> DATASET ENTRIES
- Opening Delimiter -

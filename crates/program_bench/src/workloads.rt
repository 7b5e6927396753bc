//! The workloads, on any map that can be asked for what they do. Each does one pass, and those that leave their map as it
//! is do a few in a row and answer the quickest, since the first finds little of it in the caches.

use crate::fault::Fault;
use crate::keys::{Key, places};
use crate::pass::{Pass, mix};
use crate::peer::{Asked, Listed, Roomy, Walked};
use std::alloc::Global;
use std::time::Instant;

/// How many operations a pass does, where nothing else is said.
pub const MILLION: usize = 1_000_000;

/// How many passes are done in a row on a map that stays as it is.
pub const PASSES: usize = 4;

// The map of these keys, each with its number in the stream as its value.
#[inline]
fn fill<K: Key, M: Asked<K>>(map: &mut M, block: &[K], first: u64) -> Result<(), Fault> {
    let mut number = first;
    for key in block {
        map.put(*key, K::of(number))?;
        number = number.wrapping_add(1);
    }
    Ok(())
}

// A map of the first `n` keys.
fn filled<K: Key, M: Asked<K>>(alloc: Global, keys: &[K], n: usize) -> Result<M, Fault> {
    let mut map = M::empty(alloc);
    fill(&mut map, keys.get(..n).unwrap_or(keys), 0)?;
    Ok(map)
}

/// Maps of `n` keys each, the first of the first `n` keys, and so on. Each begins with room for them, so that it lies in
/// memory as a clone does.
pub fn prepared<K: Key, M: Roomy<K>>(
    alloc: Global,
    keys: &[K],
    n: usize,
    count: usize,
) -> Result<Vec<M>, Fault> {
    let mut maps = Vec::with_capacity(alloc, count)?;
    let mut first = 0_u64;
    for block in keys.chunks(n.max(1)).take(count) {
        let mut map = M::with_room(alloc, n)?;
        fill(&mut map, block, first)?;
        maps.push(map)?;
        first = first.wrapping_add(n as u64);
    }
    Ok(maps)
}

// What a built map adds to the checksum.
#[inline]
fn built<K: Key, M: Walked<K>>(map: &M, checksum: u64, first: u64, n: usize) -> u64 {
    let last = map.last_or(first.wrapping_add(n as u64).wrapping_sub(1));
    mix(checksum, (map.entries() as u64).wrapping_add(last))
}

/// Builds maps of `n` keys, a million keys in all.
pub fn build<K: Key, M: Walked<K>>(rt: &HostRuntime, keys: &[K], n: usize) -> Result<Pass, Fault> {
    let start = Instant::now(rt)?;
    let mut checksum = 0;
    let mut first = 0_u64;
    for block in keys.chunks(n.max(1)).take(MILLION / n.max(1)) {
        let mut map = M::empty(rt.alloc());
        fill(&mut map, block, first)?;
        checksum = built(&map, checksum, first, n);
        first = first.wrapping_add(n as u64);
    }
    Pass::since(rt, start, checksum)
}

/// The same, each begun with room for its keys.
pub fn build_roomy<K: Key, M: Roomy<K>>(
    rt: &HostRuntime,
    keys: &[K],
    n: usize,
) -> Result<Pass, Fault> {
    let start = Instant::now(rt)?;
    let mut checksum = 0;
    let mut first = 0_u64;
    for block in keys.chunks(n.max(1)).take(MILLION / n.max(1)) {
        let mut map = M::with_room(rt.alloc(), n)?;
        fill(&mut map, block, first)?;
        checksum = built(&map, checksum, first, n);
        first = first.wrapping_add(n as u64);
    }
    Pass::since(rt, start, checksum)
}

/// Builds a million maps of the same `n` keys, all of which stand at the end.
pub fn hold<K: Key, M: Walked<K>>(rt: &HostRuntime, keys: &[K], n: usize) -> Result<Pass, Fault> {
    let block = keys.get(..n).unwrap_or(keys);
    let start = Instant::now(rt)?;
    let mut maps = Vec::with_capacity(rt.alloc(), MILLION)?;
    let mut checksum = 0;
    for _ in 0..MILLION {
        let mut map = M::empty(rt.alloc());
        fill(&mut map, block, 0)?;
        checksum = mix(checksum, map.entries() as u64);
        maps.push(map)?;
    }
    Pass::since(rt, start, checksum)
}

/// Builds maps of `n` keys, a million keys in all, of which only the lengths count.
pub fn insert<K: Key, M: Walked<K>>(rt: &HostRuntime, keys: &[K], n: usize) -> Result<Pass, Fault> {
    let start = Instant::now(rt)?;
    let mut checksum = 0;
    let mut first = 0_u64;
    for block in keys.chunks(n.max(1)).take(MILLION / n.max(1)) {
        let mut map = M::empty(rt.alloc());
        fill(&mut map, block, first)?;
        checksum = mix(checksum, map.entries() as u64);
        first = first.wrapping_add(n as u64);
    }
    Pass::since(rt, start, checksum)
}

// Adds up the values under these keys.
fn found<K: Key, M: Asked<K>>(
    rt: &HostRuntime,
    map: &M,
    queries: &[M::Query],
) -> Result<Pass, Fault> {
    let start = Instant::now(rt)?;
    let mut sum = 0_u64;
    for query in queries {
        if let Some(value) = map.at(query) {
            sum = sum.wrapping_add(value.number());
        }
    }
    Pass::since(rt, start, sum)
}

/// Looks up a million keys that are there, in a map of `n` keys.
pub fn hit<K: Key, M: Asked<K>>(rt: &HostRuntime, keys: &[K], n: usize) -> Result<Pass, Fault> {
    let map = filled::<K, M>(rt.alloc(), keys, n)?;
    let mut queries = Vec::with_capacity(rt.alloc(), MILLION)?;
    for place in places(rt.alloc(), n, MILLION)? {
        if let Some(key) = keys.get(place) {
            queries.push(M::query(*key))?;
        }
    }
    let mut best = found(rt, &map, &queries)?;
    for _ in 1..PASSES {
        best = best.or(found(rt, &map, &queries)?)?;
    }
    Ok(best)
}

// Counts the keys that are not there.
fn lacking<K: Key, M: Asked<K>>(
    rt: &HostRuntime,
    map: &M,
    queries: &[M::Query],
) -> Result<Pass, Fault> {
    let start = Instant::now(rt)?;
    let mut count = 0_u64;
    for query in queries {
        if map.at(query).is_none() {
            count = count.wrapping_add(1);
        }
    }
    Pass::since(rt, start, count)
}

/// Looks up a million keys that are not there, in a map of `n` keys.
pub fn miss<K: Key, M: Asked<K>>(rt: &HostRuntime, keys: &[K], n: usize) -> Result<Pass, Fault> {
    let map = filled::<K, M>(rt.alloc(), keys, n)?;
    let mut queries = Vec::with_capacity(rt.alloc(), MILLION)?;
    for key in keys.iter().skip(MILLION).take(MILLION) {
        queries.push(M::query(*key))?;
    }
    let mut best = lacking(rt, &map, &queries)?;
    for _ in 1..PASSES {
        best = best.or(lacking(rt, &map, &queries)?)?;
    }
    Ok(best)
}

// Adds up all keys and values, so many times over.
fn sums<K: Key, M: Walked<K>>(rt: &HostRuntime, map: &M, count: usize) -> Result<Pass, Fault> {
    let start = Instant::now(rt)?;
    let mut total = 0_u64;
    for _ in 0..count {
        total = total.wrapping_add(map.sum());
    }
    Pass::since(rt, start, total)
}

/// Walks a map of `n` keys, four million entries in all.
pub fn walk<K: Key, M: Walked<K>>(rt: &HostRuntime, keys: &[K], n: usize) -> Result<Pass, Fault> {
    let map = filled::<K, M>(rt.alloc(), keys, n)?;
    let count = 4 * MILLION / n.max(1);
    let mut best = sums(rt, &map, count)?;
    for _ in 1..PASSES {
        best = best.or(sums(rt, &map, count)?)?;
    }
    Ok(best)
}

/// Which entry `cycle` removes.
#[derive(Clone, Copy, Debug, PartialEq, Eq)]
pub enum Removed {
    First,
    Middle,
    Random,
}

impl Removed {
    // The places of the entries of so many turns.
    fn places(self, alloc: Global, n: usize, count: usize) -> Result<Vec<usize>, Fault> {
        let place = match self {
            Removed::First => 0,
            Removed::Middle => n / 2,
            Removed::Random => return Ok(places(alloc, n, count)?),
        };
        let mut same = Vec::with_capacity(alloc, count)?;
        same.resize(count, place)?;
        Ok(same)
    }
}

/// How often `cycle` turns at this length.
pub fn turns(n: usize) -> usize {
    if n < 1000 {
        200_000
    } else if n < 10_000 {
        20_000
    } else if n < 100_000 {
        2_000
    } else {
        200
    }
}

/// Removes an entry of a map of `n` keys and inserts it again under the next value, again and again.
pub fn cycle<K: Key, M: Listed<K>>(
    rt: &HostRuntime,
    removed: Removed,
    keys: &[K],
    n: usize,
) -> Result<Pass, Fault> {
    let mut map = M::with_room(rt.alloc(), n)?;
    fill(&mut map, keys.get(..n).unwrap_or(keys), 0)?;
    let places = removed.places(rt.alloc(), n, turns(n))?;
    let start = Instant::now(rt)?;
    let mut checksum = 0;
    for place in &places {
        if let Some(key) = map.key_at(*place) {
            if let Some(value) = map.take(&key) {
                map.put(key, K::of(value.number().wrapping_add(1)))?;
                checksum = mix(checksum, key.number().wrapping_add(value.number()));
            }
        }
    }
    Pass::since(rt, start, checksum)
}

// The keys that come to stand in the middle of a list of `n` keys, as each is removed and inserted again.
fn middles<K: Key>(alloc: Global, keys: &[K], n: usize) -> Result<Vec<K>, Fault> {
    let mut middles = Vec::with_capacity(alloc, turns(n))?;
    let rest = n.saturating_sub(n / 2).max(1);
    for turn in 0..turns(n) {
        if let Some(key) = keys.get((n / 2).saturating_add(turn % rest)) {
            middles.push(*key)?;
        }
    }
    Ok(middles)
}

/// Does with a map that has no places what `cycle` does in the middle of a list: it is asked for the same keys.
pub fn cycle_keys<K: Key, M: Walked<K>>(
    rt: &HostRuntime,
    keys: &[K],
    n: usize,
) -> Result<Pass, Fault> {
    let mut map = filled::<K, M>(rt.alloc(), keys, n)?;
    let middles = middles(rt.alloc(), keys, n)?;
    let start = Instant::now(rt)?;
    let mut checksum = 0;
    for key in &middles {
        if let Some(value) = map.take(key) {
            map.put(*key, K::of(value.number().wrapping_add(1)))?;
            checksum = mix(checksum, key.number().wrapping_add(value.number()));
        }
    }
    Pass::since(rt, start, checksum)
}

// Pops until no entry is left.
fn pop_one<K: Key, M: Listed<K>>(map: &mut M, checksum: u64) -> u64 {
    let mut checksum = checksum;
    for _ in 0..map.entries() {
        if let Some(value) = map.pop_value() {
            checksum = mix(checksum, value.number());
        }
    }
    checksum
}

/// Pops each entry of maps of `n` keys, a million keys in all.
pub fn pop<K: Key, M: Listed<K>>(rt: &HostRuntime, keys: &[K], n: usize) -> Result<Pass, Fault> {
    let mut maps = prepared::<K, M>(rt.alloc(), keys, n, MILLION / n.max(1))?;
    let start = Instant::now(rt)?;
    let mut checksum = 0;
    for map in &mut maps {
        checksum = pop_one(map, checksum);
    }
    Pass::since(rt, start, checksum)
}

- Closing Delimiter -

> WHAT IS REQUIRED
Copy down every line of the material above that includes the string "push".

> SOLUTION FOR THIS EXERCISE
        maps.push(map)?;
        maps.push(map)?;
            queries.push(M::query(*key))?;
        queries.push(M::query(*key))?;
            middles.push(*key)?;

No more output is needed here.